Problem statement:
Among the lines below, count those with "table". Give only the number.

[Extracted data entries]
= = = = = = =

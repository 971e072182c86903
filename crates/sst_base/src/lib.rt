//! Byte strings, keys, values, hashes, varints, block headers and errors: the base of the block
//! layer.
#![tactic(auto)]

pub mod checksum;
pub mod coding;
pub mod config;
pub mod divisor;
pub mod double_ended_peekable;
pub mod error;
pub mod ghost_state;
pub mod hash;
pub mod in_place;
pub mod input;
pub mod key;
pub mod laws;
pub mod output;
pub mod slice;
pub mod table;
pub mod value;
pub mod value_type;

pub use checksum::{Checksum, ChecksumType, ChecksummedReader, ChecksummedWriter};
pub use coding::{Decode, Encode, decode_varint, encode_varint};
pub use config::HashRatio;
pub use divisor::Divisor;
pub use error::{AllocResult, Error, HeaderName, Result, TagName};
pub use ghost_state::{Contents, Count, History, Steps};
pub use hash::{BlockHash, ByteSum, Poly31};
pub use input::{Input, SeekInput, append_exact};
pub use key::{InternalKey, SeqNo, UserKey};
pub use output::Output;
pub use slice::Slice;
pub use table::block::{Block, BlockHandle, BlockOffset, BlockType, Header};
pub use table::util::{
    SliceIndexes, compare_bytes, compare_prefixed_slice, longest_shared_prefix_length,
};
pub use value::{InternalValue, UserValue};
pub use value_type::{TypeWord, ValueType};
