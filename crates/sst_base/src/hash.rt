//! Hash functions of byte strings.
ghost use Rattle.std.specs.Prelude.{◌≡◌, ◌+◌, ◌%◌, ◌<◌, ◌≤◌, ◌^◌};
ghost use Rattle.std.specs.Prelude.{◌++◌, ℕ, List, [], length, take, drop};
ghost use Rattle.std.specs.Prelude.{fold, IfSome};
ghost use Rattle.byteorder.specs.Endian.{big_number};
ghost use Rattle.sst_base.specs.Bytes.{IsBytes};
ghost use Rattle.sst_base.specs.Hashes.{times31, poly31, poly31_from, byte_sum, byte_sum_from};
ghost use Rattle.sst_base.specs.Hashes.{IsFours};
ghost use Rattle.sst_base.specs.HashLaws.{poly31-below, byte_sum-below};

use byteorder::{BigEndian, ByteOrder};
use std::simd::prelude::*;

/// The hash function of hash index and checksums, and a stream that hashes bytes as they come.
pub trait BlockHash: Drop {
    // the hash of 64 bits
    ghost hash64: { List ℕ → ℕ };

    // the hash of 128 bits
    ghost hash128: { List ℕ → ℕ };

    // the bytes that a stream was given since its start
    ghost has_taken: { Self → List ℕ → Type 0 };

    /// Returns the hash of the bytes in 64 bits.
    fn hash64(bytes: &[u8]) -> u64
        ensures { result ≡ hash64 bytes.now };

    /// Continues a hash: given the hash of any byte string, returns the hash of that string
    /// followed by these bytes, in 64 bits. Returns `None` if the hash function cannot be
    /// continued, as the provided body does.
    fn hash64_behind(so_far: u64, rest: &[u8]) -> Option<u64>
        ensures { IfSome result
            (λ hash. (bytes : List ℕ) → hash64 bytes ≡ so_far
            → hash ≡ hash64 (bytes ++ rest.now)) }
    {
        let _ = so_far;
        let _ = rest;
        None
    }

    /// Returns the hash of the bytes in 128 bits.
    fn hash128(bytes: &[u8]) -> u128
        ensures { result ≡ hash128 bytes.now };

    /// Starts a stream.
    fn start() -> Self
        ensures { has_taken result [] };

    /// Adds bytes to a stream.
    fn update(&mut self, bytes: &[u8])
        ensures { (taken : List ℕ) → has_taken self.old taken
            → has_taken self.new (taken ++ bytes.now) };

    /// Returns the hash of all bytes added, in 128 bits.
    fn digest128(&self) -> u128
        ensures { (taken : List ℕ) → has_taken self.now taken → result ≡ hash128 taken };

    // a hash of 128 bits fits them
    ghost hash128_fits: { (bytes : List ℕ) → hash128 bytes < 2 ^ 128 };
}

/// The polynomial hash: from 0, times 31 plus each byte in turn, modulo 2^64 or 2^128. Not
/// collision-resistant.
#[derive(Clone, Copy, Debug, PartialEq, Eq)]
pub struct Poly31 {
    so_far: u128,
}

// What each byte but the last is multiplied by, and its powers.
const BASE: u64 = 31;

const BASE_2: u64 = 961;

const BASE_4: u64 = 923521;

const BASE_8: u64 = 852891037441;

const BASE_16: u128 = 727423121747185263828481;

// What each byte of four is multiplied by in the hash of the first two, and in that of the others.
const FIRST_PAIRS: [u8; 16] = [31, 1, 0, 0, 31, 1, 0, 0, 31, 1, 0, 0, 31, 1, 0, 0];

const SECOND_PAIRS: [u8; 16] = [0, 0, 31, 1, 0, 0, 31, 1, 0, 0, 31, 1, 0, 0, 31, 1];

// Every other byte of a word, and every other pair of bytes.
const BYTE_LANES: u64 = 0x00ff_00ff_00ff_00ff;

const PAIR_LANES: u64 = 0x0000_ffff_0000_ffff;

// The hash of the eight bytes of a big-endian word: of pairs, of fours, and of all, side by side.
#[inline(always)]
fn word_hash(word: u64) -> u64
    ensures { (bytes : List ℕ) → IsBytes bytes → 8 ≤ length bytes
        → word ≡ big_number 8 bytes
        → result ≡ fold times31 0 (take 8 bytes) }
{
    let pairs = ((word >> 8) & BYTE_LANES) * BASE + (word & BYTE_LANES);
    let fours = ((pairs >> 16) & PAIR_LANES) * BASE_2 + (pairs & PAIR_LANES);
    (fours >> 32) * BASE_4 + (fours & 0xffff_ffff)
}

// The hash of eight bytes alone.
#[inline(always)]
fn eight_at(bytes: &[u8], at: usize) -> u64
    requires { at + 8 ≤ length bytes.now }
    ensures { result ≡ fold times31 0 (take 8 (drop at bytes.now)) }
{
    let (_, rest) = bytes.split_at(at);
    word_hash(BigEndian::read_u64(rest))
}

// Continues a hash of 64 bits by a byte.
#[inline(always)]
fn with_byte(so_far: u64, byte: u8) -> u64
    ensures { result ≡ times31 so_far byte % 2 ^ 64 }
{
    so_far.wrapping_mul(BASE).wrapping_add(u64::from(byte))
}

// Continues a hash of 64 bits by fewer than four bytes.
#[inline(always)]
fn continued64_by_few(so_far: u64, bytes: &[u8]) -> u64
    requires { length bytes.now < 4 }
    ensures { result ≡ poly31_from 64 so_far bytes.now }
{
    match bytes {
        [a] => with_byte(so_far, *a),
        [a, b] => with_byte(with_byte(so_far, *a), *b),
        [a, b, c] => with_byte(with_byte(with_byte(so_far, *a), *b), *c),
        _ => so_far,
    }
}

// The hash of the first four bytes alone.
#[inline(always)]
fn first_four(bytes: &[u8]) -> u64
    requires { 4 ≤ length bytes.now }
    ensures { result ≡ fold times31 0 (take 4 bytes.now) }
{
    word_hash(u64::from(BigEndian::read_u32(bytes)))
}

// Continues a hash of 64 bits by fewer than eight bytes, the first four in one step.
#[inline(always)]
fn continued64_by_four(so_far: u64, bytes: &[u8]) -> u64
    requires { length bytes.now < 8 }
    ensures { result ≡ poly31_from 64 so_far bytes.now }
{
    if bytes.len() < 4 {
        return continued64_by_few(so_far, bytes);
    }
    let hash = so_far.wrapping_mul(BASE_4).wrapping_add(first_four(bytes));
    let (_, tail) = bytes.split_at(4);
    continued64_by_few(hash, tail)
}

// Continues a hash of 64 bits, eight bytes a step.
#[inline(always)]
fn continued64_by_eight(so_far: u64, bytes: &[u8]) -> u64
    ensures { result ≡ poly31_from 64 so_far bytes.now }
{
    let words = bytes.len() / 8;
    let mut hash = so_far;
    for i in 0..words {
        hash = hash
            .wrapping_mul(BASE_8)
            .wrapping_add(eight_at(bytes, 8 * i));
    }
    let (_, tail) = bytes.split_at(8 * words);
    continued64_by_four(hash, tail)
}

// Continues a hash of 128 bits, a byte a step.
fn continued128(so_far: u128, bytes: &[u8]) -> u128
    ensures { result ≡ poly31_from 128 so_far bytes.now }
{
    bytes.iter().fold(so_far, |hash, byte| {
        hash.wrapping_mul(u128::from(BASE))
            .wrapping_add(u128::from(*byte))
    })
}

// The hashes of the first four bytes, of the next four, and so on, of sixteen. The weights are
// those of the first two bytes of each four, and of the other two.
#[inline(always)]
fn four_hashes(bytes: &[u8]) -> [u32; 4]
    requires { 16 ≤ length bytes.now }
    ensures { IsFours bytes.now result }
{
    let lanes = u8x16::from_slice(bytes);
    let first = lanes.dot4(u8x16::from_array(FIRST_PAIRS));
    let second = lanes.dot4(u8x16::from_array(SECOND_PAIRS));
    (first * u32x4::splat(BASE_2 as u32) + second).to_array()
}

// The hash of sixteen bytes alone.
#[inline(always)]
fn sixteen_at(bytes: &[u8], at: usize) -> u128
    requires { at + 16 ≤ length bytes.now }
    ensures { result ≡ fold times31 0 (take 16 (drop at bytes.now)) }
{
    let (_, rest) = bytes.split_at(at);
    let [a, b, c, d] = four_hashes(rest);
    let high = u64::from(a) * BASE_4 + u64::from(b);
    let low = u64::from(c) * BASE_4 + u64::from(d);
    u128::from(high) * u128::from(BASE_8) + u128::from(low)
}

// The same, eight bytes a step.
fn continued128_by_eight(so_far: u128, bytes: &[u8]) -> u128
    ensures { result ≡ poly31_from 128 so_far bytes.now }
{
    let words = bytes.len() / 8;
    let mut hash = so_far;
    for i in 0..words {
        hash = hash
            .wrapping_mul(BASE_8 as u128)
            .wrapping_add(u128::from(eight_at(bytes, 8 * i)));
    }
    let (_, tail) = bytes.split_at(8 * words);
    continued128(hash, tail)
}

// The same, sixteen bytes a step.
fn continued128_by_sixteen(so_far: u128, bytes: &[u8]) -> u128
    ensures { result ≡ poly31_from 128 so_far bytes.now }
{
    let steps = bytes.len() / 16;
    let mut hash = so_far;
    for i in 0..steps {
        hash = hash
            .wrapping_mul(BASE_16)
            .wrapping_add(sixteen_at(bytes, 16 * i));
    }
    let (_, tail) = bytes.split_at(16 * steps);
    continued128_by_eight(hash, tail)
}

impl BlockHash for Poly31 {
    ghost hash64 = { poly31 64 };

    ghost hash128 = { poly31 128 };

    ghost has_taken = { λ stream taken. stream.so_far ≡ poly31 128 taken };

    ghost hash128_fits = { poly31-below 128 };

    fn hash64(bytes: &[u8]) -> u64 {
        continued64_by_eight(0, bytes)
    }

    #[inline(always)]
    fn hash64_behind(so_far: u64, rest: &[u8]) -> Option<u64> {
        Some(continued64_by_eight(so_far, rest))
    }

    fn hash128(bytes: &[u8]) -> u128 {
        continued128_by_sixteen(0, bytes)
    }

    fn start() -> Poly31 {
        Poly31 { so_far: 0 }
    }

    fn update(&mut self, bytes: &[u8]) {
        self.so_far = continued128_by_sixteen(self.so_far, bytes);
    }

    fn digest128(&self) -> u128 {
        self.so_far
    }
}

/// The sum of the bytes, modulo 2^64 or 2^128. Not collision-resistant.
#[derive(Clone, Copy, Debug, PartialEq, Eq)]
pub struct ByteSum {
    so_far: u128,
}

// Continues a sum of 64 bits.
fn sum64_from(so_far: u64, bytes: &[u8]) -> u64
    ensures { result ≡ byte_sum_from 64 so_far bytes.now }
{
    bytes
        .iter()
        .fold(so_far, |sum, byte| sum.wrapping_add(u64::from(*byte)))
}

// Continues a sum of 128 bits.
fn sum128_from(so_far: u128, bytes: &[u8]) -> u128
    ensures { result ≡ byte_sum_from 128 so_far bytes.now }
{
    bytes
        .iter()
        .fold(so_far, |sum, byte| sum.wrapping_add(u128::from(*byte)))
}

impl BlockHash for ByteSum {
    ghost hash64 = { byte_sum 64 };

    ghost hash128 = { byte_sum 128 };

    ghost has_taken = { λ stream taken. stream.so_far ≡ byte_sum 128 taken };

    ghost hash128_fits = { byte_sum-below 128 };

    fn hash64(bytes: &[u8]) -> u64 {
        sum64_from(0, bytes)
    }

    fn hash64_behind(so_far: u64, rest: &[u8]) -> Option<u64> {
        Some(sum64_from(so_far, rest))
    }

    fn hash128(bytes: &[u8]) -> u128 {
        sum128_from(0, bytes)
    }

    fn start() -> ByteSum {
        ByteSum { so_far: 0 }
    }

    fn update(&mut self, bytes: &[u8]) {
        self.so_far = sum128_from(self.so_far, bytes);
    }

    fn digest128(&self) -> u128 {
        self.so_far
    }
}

= = = = = = =

Response:
3